What if Lexie stepped into Cody’s life and made his son love her, and then changed her mind again? He wanted to spare his son that pain. Better she never became a part of Cody’s life in the first place.

Lexie had dropped her hands, and her smile had faded, but her eyes still implored him to let her hold the baby.

Cody settled his warm body against Sullivan’s heart and stuck his thumb in his mouth, but his eyes were still focused on the woman standing in front of him.

“Go away, Miss Grayhawk,” Sullivan said in a calm voice that wouldn’t upset his son. “There’s nothing for you here.”

“Except my child, whom I love with every fiber of my being.”

He was startled by the fierceness of the statement as much as by the words she’d spoken.

“You can’t stop me from being a mother to my child, Rye. The courts are on my side.
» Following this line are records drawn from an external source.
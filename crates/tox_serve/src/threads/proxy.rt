//! One served proxy: takes connections, starts a thread for each, and prints the totals at the end.
use crate::link::break_reason::BreakReason;
use crate::link::logs::broken_link;
use crate::proxy::filling::note_fill;
use crate::proxy::links::ProxyLinks;
use crate::proxy::listening::Listening;
use crate::proxy::taking::{Taken, is_enough, number_link};
use crate::run::ServeRun;
use crate::runtime::ServeRuntime;
use crate::threads::accepting::next_client;
use crate::threads::link::serve_link;
use std::net::TcpListener;
use std::thread;
use std::thread::Scope;

/// Serves a proxy until it stops listening and all its links have ended.
pub(crate) fn serve_proxy<R: ServeRuntime>(rt: &R, run: &ServeRun<'_>, listening: Listening<'_>) {
    let Listening {
        proxy,
        place,
        listener,
        key,
        address: _,
    } = listening;
    let links = ProxyLinks::new(run.alloc, proxy, place);
    let shared = &links;
    thread::scope(thread::scope_env(), rt, |scope| {
        take_links(rt, run, shared, scope, &listener);
        run.live.remove(rt, key);
        drop(listener);
        shared.end(rt, run);
    });
}

/// Takes connections until there were enough, the book is full or the listener fails, and then stops listening.
fn take_links<'s, E: 's, R: ServeRuntime>(
    rt: &'s R,
    run: &'s ServeRun<'s>,
    links: &'s ProxyLinks<'s>,
    scope: &'s Scope<'s, E>,
    listener: &TcpListener,
) {
    for connections in 0..u64::MAX {
        if is_enough(run.options.links, connections, &links.book(rt).book) {
            return;
        }
        let Some(client) = next_client(rt, run, listener) else {
            return;
        };
        let taken = number_link(&mut links.book(rt), client);
        if let Some(taken) = taken {
            note_fill(rt, run, links.place, taken.number);
            start_link(rt, run, links, scope, taken);
        }
    }
}

/// Serves a link in a thread of its own. If it is refused, the connection is closed and the link is broken.
fn start_link<'s, E: 's, R: ServeRuntime>(
    rt: &'s R,
    run: &'s ServeRun<'s>,
    links: &'s ProxyLinks<'s>,
    scope: &'s Scope<'s, E>,
    taken: Taken,
) {
    let number = taken.number;
    let started = scope.spawn(move || serve_link(rt, run, links, taken));
    if started.is_err() {
        let end = broken_link(rt, run, links, number, BreakReason::Thread);
        links.end_link(rt, run, &end);
    }
}
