//! Waiting for the next connection of a listener.
use crate::descriptors::Descriptors;
use crate::proxy::accepting::{ACCEPT_REST, Next, after};
use crate::run::ServeRun;
use std::net::{TcpListener, TcpStream};
use std::os::fd::AsRawFd;
use std::sync::Wait;
use std::thread;
use std::time::{Clock, Duration};
use tox_sockets::can_read;

/// How long a connection is waited for, in milliseconds: without a limit.
const FOREVER: i32 = -1;

/// What came of trying to take a connection.
#[derive(Drop)]
enum Took {
    Client(TcpStream),
    Failed(Next),
}

/// Takes a connection that has come, while a descriptor is in hand for its upstream.
fn take_now(descriptors: &Descriptors, listener: &TcpListener) -> Took {
    let Some(spare) = descriptors.spare() else {
        return Took::Failed(Next::Rest);
    };
    let took = match listener.accept() {
        Ok((client, _)) => Took::Client(client),
        Err(error) => Took::Failed(after(&error)),
    };
    drop(spare);
    took
}

/// The next connection of a listener that doesn't wait. None where it fails for good, or the run is stopping.
pub(crate) fn next_client<R: Wait + Clock>(
    rt: &R,
    run: &ServeRun<'_>,
    listener: &TcpListener,
) -> Option<TcpStream> {
    for _ in rt.forever() {
        let _comes = can_read(listener.as_raw_fd(), FOREVER);
        match take_now(&run.descriptors, listener) {
            Took::Client(client) => return Some(client),
            Took::Failed(Next::TryAgain) => {}
            Took::Failed(Next::Rest) if !run.live.is_stopping(rt) => {
                thread::sleep(rt, Duration::from_millis(ACCEPT_REST));
            }
            Took::Failed(_) => return None,
        }
    }
    unreachable!()
}
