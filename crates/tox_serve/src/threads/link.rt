//! One served link: both its directions, what the book keeps of it, and its line.
ghost use Rattle.std.specs.Prelude.{◌≡◌, IfOk};
ghost use Rattle.tox_time.specs.declared.streams.stream.Stream.TheVariants as StreamOf;
ghost use Rattle.tox_serve.specs.link.LinkEnds.{carried_link_end};

use crate::link::break_reason::BreakReason;
use crate::link::course::Courses;
use crate::link::end::{Carried, LinkEnd};
use crate::link::logs::{broken_link, note_break};
use crate::link::opening::{Opened, open_link};
use crate::proxy::links::ProxyLinks;
use crate::proxy::taking::Taken;
use crate::run::ServeRun;
use crate::runtime::ServeRuntime;
use crate::threads::connecting::connect;
use crate::threads::direction::{Direction, carry_stream};
use std::alloc::Global;
use std::sync::Arc;
use std::thread;
use tox_sockets::{LinkSockets, LinkStart};

/// What the downstream direction carried.
#[derive(Drop)]
struct CarriedDown {
    carried: Carried,
    ghost downstream: { carried.stream ≡ StreamOf.Downstream },
}

/// What both directions carried.
#[derive(Drop)]
struct CarriedBoth {
    up: Carried,
    down: CarriedDown,
    ghost upstream: { up.stream ≡ StreamOf.Upstream },
}

impl CarriedBoth {
    /// The end of the numbered link whose directions carried this.
    fn end(&self, number: u64) -> LinkEnd
        ensures { result ≡ carried_link_end number self.now.up self.now.down.carried }
    {
        LinkEnd::of(number, &self.up, &self.down.carried)
    }
}

/// Serves a link to its end.
pub(crate) fn serve_link<R: ServeRuntime>(
    rt: &R,
    run: &ServeRun<'_>,
    links: &ProxyLinks<'_>,
    taken: Taken,
) {
    let number = taken.number;
    let end = match carry_link(rt, run, &*links, taken) {
        Ok(end) => end,
        Err(reason) => broken_link(&*rt, &*run, links, number, reason),
    };
    links.end_link(rt, run, &end);
}

/// Connects a link's upstream, and carries both directions to their ends. Both sockets are dropped then. An error where nothing
/// could be carried.
fn carry_link<R: ServeRuntime>(
    rt: &R,
    run: &ServeRun<'_>,
    links: &ProxyLinks<'_>,
    taken: Taken,
) -> Result<LinkEnd, BreakReason>
    ensures { IfOk result (λ end. end.number ≡ taken.number) }
{
    let proxy = links.proxy;
    let start = LinkStart::now(rt);
    let reached = connect(rt, run, &proxy.upstream)?;
    let Some(opened) = open_link(rt, run, &*links, taken, reached) else {
        return Err(BreakReason::Memory);
    };
    let Opened {
        number,
        courses,
        sockets,
        live,
    } = opened;
    let end = carry_both(&*rt, &*run, &*links, number, &sockets, start, courses);
    run.live.remove(rt, live);
    end
}

/// Carries both directions, one of them in a thread of its own.
fn carry_both<'a, R: ServeRuntime>(
    rt: &'a R,
    run: &'a ServeRun<'a>,
    links: &'a ProxyLinks<'a>,
    number: u64,
    link: &'a Arc<LinkSockets, Global>,
    start: LinkStart,
    courses: Courses,
) -> Result<LinkEnd, BreakReason>
    requires up { courses.up.stream ≡ StreamOf.Upstream }
    requires down { courses.down.stream ≡ StreamOf.Downstream }
    ensures { IfOk result (λ end. end.number ≡ number) }
{
    let Courses { up, down } = courses;
    let (Some(up), Some(down)) = (Direction::new(link, up), Direction::new(link, down)) else {
        return Err(BreakReason::Memory);
    };
    let carried = thread::scope(
        thread::scope_env(),
        rt,
        |scope| -> Option<CarriedBoth>
            requires up { up.course.stream ≡ StreamOf.Upstream }
            requires down { down.course.stream ≡ StreamOf.Downstream }
        {
            let answers = scope.spawn(
                move || -> CarriedDown
                    requires { down.course.stream ≡ StreamOf.Downstream }
                {
                    CarriedDown {
                        carried: carry_stream(rt, run, links, number, link, down, start).carried,
                    }
                },
            );
            let Ok(answers) = answers else {
                return None;
            };
            let up = carry_stream(rt, run, links, number, link, up, start).carried;
            let down = answers.join(rt);
            Some(CarriedBoth { up, down })
        },
    );
    match carried {
        Some(both) => {
            if let Some(reason) = BreakReason::of(&both.up, &both.down.carried) {
                note_break(rt, run, links, number, reason);
            }
            Ok(both.end(number))
        }
        None => Err(BreakReason::Thread),
    }
}
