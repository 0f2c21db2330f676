//! One direction of a served link.
ghost use Rattle.std.specs.Prelude.{◌≡◌, None, fold, IfSome};
ghost use Rattle.std.specs.Arc.{arc_value};
ghost use Rattle.tox_sockets.specs.ResetDue.{after_op};
ghost use Rattle.tox_sockets.specs.Streams.{target_of};
ghost use Rattle.tox_serve.specs.StreamReports.{IsReportOf, carried_after};
ghost use Rattle.tox_serve.specs.link.LinkEnds.{is_write_break};

use crate::link::course::Course;
use crate::link::end::Carried;
use crate::link::logs::notes_of;
use crate::link::source_notes::SourceNotes;
use crate::link::stream_end::{break_stream, end_stream};
use crate::proxy::links::ProxyLinks;
use crate::run::ServeRun;
use crate::runtime::ServeRuntime;
use std::alloc::Global;
use std::sync::{Arc, Wait};
use tox_link::{Ends, LinkFault, TimedReport, carry_timed};
use tox_sockets::{AbortCause, LinkSockets, LinkStart, SinceStart, UntilCut, UntilDue};
use tox_time::{MAX_BYTES, Real, Stream};

/// One direction of a link, before it is carried.
#[derive(Drop)]
pub(crate) struct Direction {
    pub(crate) course: Course,
    pub(crate) reader: UntilCut,
    pub(crate) sockets: Arc<LinkSockets, Global>,
}

impl Direction {
    /// The direction of a course's stream. None if the link can't be shared once more.
    pub(crate) fn new(link: &Arc<LinkSockets, Global>, course: Course) -> Option<Direction>
        ensures course { IfSome result (λ direction. direction.course ≡ course) }
        ensures link { IfSome result (λ direction.
            arc_value direction.reader.link ≡ arc_value link.now) }
        ensures stream { IfSome result (λ direction. direction.reader.stream ≡ course.stream) }
    {
        let reader = UntilCut::new(link, course.stream)?;
        let sockets = link.clone().ok()?;
        Some(Direction {
            course,
            reader,
            sockets,
        })
    }
}

/// A stream that was carried to its end. It keeps its writer, which has failed exactly if a write broke the stream.
#[derive(Drop)]
pub(crate) struct CarriedStream<'a, 'r, R> {
    pub(crate) carried: Carried,
    pub(crate) writer: Real<UntilDue<'a, 'r, R>>,
    pub(crate) ghost broken: { writer.failed ≡ is_write_break carried.end },
}

/// The writer of a stream of a link.
fn writer_of<'a, 'r, R: ServeRuntime>(
    rt: &'r R,
    link: &'a LinkSockets,
    course: &Course,
    clock: SinceStart<'r, R>,
) -> UntilDue<'a, 'r, R>
    ensures socket { result.socket.now ≡ target_of course.now.stream link.now }
    ensures due { result.due ≡ fold after_op None course.now.plan.ops }
{
    UntilDue::new(rt, link, course.stream, clock, course.plan.ops())
}

/// Carries one direction to its end.
pub(crate) fn carry_stream<'a, 'r, R: ServeRuntime>(
    rt: &'r R,
    run: &ServeRun<'_>,
    links: &ProxyLinks<'_>,
    number: u64,
    link: &'a LinkSockets,
    direction: Direction,
    start: LinkStart,
) -> CarriedStream<'a, 'r, R>
    ensures { IsReportOf direction.course result.carried }
{
    let Direction {
        course,
        reader,
        sockets: shared,
    } = direction;
    let clock = SinceStart::new(rt, start);
    let kept = notes_of(rt, run, links, number, course.stream);
    let mut notes = SourceNotes::of(kept, shared, course.stream);
    let mut ends = Ends {
        writer: Real::new(writer_of(rt, link, &course, clock)),
        hangup: link.ends_of(course.stream),
    };
    let Course {
        stream,
        words,
        plan,
    } = course;
    let done = carry_timed(
        rt,
        run.alloc,
        Real::new(reader),
        &mut ends,
        &clock,
        plan,
        &words,
        MAX_BYTES,
        &mut notes,
        &run.gate,
    );
    let Ends { writer, hangup } = ends;
    let carried = end_carried(link, stream, &done, hangup.aborted, &notes);
    CarriedStream { carried, writer }
}

/// Ends a stream by the report of its link, or breaks it off by the fault. Returns what it carried.
fn end_carried<S, R: Wait>(
    link: &LinkSockets,
    stream: Stream,
    done: &Result<TimedReport<S>, LinkFault>,
    aborted: Option<AbortCause>,
    notes: &SourceNotes<'_, R>,
) -> Carried
    ensures { result ≡ carried_after stream aborted done.now }
{
    match done {
        Ok(timed) => {
            let TimedReport { report, reading } = timed;
            let (bytes, ending) = (report.written, report.ending);
            end_stream(stream, bytes, *reading, ending, aborted, notes)
        }
        Err(fault) => break_stream(link, stream, fault, notes),
    }
}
Make up your mind that this is going to happen.”

His heart was beating frantically, pushing against his ribs like a terrified animal trying to escape, knowing there is no escape. “Fine.” The single word was harsh, and startled both her and Cody, who lifted his head and looked up at him with a tiny furrow between his brows.

“Fine,” he repeated in a more moderate voice.

“I can take him?” she said, a look as wary as his son’s—the same look, reminding him that he saw her every day when he looked at his child—on her face.

“No.”

“Then what—”

“Cody doesn’t know you. And you don’t know his routine. If you’re going to do this, you might as well start from the beginning.”

“May I hold him?” she asked.

Sullivan felt an ache in his chest. Why couldn’t she have asked that at the hospital? But the time for regrets was past. She was here now, and he was going to have to make the best of a bad situation. He would do what had to be done for Cody’s sake.

“He might not want to go to you,” he said as she took a step toward him.

Cody put the lie to his words, as Lexie smiled again and held out her arms and cooed in a baby voice, “Hello, Cody. I’m your mother.”

The little boy eagerly reached out to her and left the safety of his father’s arms for the far less certain ones of his mother.

She held his son awkwardly at first, shifting him until she had him sitting on her female hip, which God had apparently made for just that purpose. Her whole face was lit up so brightly it hurt to look at her. He saw before him the vivacious woman he’d met in a bar, who’d become his lover, and who was now the mother of his child.

He’d forgotten about his own mother. She pulled the screen door open wide with another loud screech and said, “Why don’t you come inside?”

He stood helplessly by as Lexie Grayhawk, a woman he could never trust, a woman he both despised and desired, stepped into his kitchen…and into his life.